Kawasaki Yuki, Ejiri Soichi, Hakozaki Michiyuki, Konno Shinichi
Department of Orthopaedic Surgery, Fukushima Medical University School of Medicine, Fukushima, Japan.
Department of Regional Medical Support for Orthopaedic Surgery, Fukushima Medical University School of Medicine, Fukushima, Japan.
J Hand Surg Asian Pac Vol. 2019 Sep;24(3):383-385. doi: 10.1142/S2424835519720160.

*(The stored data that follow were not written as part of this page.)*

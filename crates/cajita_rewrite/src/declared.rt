//! The names that statements declare by `var` outside the heads of `for (var x in ..)` (ES3 12.2, 12.6.3).
//! Each function fails with `Memory` where memory is wanting.

ghost use Rattle.std.specs.Prelude.{◌≡◌, OnOk};
ghost use Rattle.cajita_tree.specs.Tree as tree;
ghost use Rattle.cajita_tree.specs.View as source;
ghost use Rattle.cajita_rewrite.specs.Rewrite.{declared};
ghost use Rattle.cajita_rewrite.specs.Table.{with_all};

use crate::declared_names::DeclaredNames;
use caja_units::Memory;
use cajita_tree::{CCase, CFirst, CStmt, CVarItem};

/// Adds the names that the statements declare.
#[cycle(declared)]
#[tactic(auto, using(crate::proofs::Names::all_of_two))]
pub(crate) fn add_declared(names: &mut DeclaredNames, list: &[CStmt]) -> Result<(), Memory>
    ensures { OnOk result (names.new ≡ with_all names.old (declared tree.stmts (source.of_stmts list.now))) }
{
    for statement in list {
        add_stmt(names, statement)?;
    }
    Ok(())
}

#[cycle(declared)]
#[tactic(auto, using(cajita_tree::proofs::Rows::views, crate::proofs::Names::all_of_two))]
fn add_stmt(names: &mut DeclaredNames, statement: &CStmt) -> Result<(), Memory>
    ensures { OnOk result (names.new ≡ with_all names.old (declared tree.stmt (source.stmt statement.now))) }
{
    match statement {
        CStmt::Block(list) => add_declared(names, list),
        CStmt::Var(items) => add_items(names, items),
        CStmt::If(_, then, otherwise) => {
            add_stmt(names, then)?;
            add_maybe_stmt(names, otherwise)
        }
        CStmt::While(_, body)
        | CStmt::Do(body, _)
        | CStmt::ForIn(_, _, body)
        | CStmt::Label(_, body) => add_stmt(names, body),
        CStmt::For(start, _, _, body) => {
            add_first(names, start)?;
            add_stmt(names, body)
        }
        CStmt::Switch(_, cases) => add_cases(names, cases),
        CStmt::Try(body, handler, last) => {
            add_declared(names, body)?;
            if let Some((_, caught)) = handler {
                add_declared(names, caught)?;
            }
            if let Some(last) = last {
                add_declared(names, last)?;
            }
            Ok(())
        }
        CStmt::Empty
        | CStmt::Expr(_)
        | CStmt::Continue(_)
        | CStmt::Break(_)
        | CStmt::Return(_)
        | CStmt::Throw(_) => Ok(()),
    }
}

#[cycle(declared)]
fn add_maybe_stmt(names: &mut DeclaredNames, statement: &Option<Box<CStmt>>) -> Result<(), Memory>
    ensures { OnOk result (names.new ≡ with_all names.old (declared tree.maybe_stmt (source.of_maybe_stmt statement.now))) }
{
    match statement {
        Some(statement) => add_stmt(names, statement),
        None => Ok(()),
    }
}

#[cycle(declared)]
#[tactic(auto, using(crate::proofs::Names::all_of_two))]
fn add_cases(names: &mut DeclaredNames, cases: &[CCase]) -> Result<(), Memory>
    ensures { OnOk result (names.new ≡ with_all names.old (declared tree.cases (source.of_cases cases.now))) }
{
    for case in cases {
        add_declared(names, &case.body)?;
    }
    Ok(())
}

fn add_items(names: &mut DeclaredNames, items: &[CVarItem]) -> Result<(), Memory>
    ensures { OnOk result (names.new ≡ with_all names.old (declared tree.items (source.of_items items.now))) }
{
    for item in items {
        names.add(&item.name)?;
    }
    Ok(())
}

#[tactic(auto, using(cajita_tree::proofs::Rows::views))]
fn add_first(names: &mut DeclaredNames, start: &CFirst) -> Result<(), Memory>
    ensures { OnOk result (names.new ≡ with_all names.old (declared tree.first (source.first start.now))) }
{
    match start {
        CFirst::Var(items) => add_items(names, items),
        CFirst::None | CFirst::Expr(_) => Ok(()),
    }
}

Idiopathic intrinsic contracture (IIC) with no history of trauma, ischemia, or spasticity is extremely rare. We report herein a case of impaired extension of the digits due to bilateral IICs occurred in a 30-year-old woman with a past medical history of eating disorder and amenorrhea. Although no previous case has been reported in the literature, eight similar cases of IIC have been presented at Japanese domestic conferences. In these eight cases and the present case, resection of the thenar muscle cords and unilateral resection of the lateral band were effective. Since IIC in patients with an eating disorder is a rare condition, it would be treated conservatively at first as tendon sheath inflammation or locking. However, this condition may be resistant to conservative treatment, and surgical treatment should be considered in such cases.
无创伤、缺血或痉挛病史的特发性内在肌挛缩(IIC)极为罕见。我们在此报告一例30岁女性因双侧IIC导致手指伸展障碍的病例,该患者既往有饮食失调和闭经病史。虽然此前文献中未报道过类似病例,但在日本国内会议上已展示了8例类似的IIC病例。在这8例病例以及本病例中,切除鱼际肌索和单侧切除外侧束均有效。由于饮食失调患者的IIC是一种罕见病症,起初可能会作为腱鞘炎或绞锁进行保守治疗。然而,这种病症可能对保守治疗有抵抗性,在这种情况下应考虑手术治疗。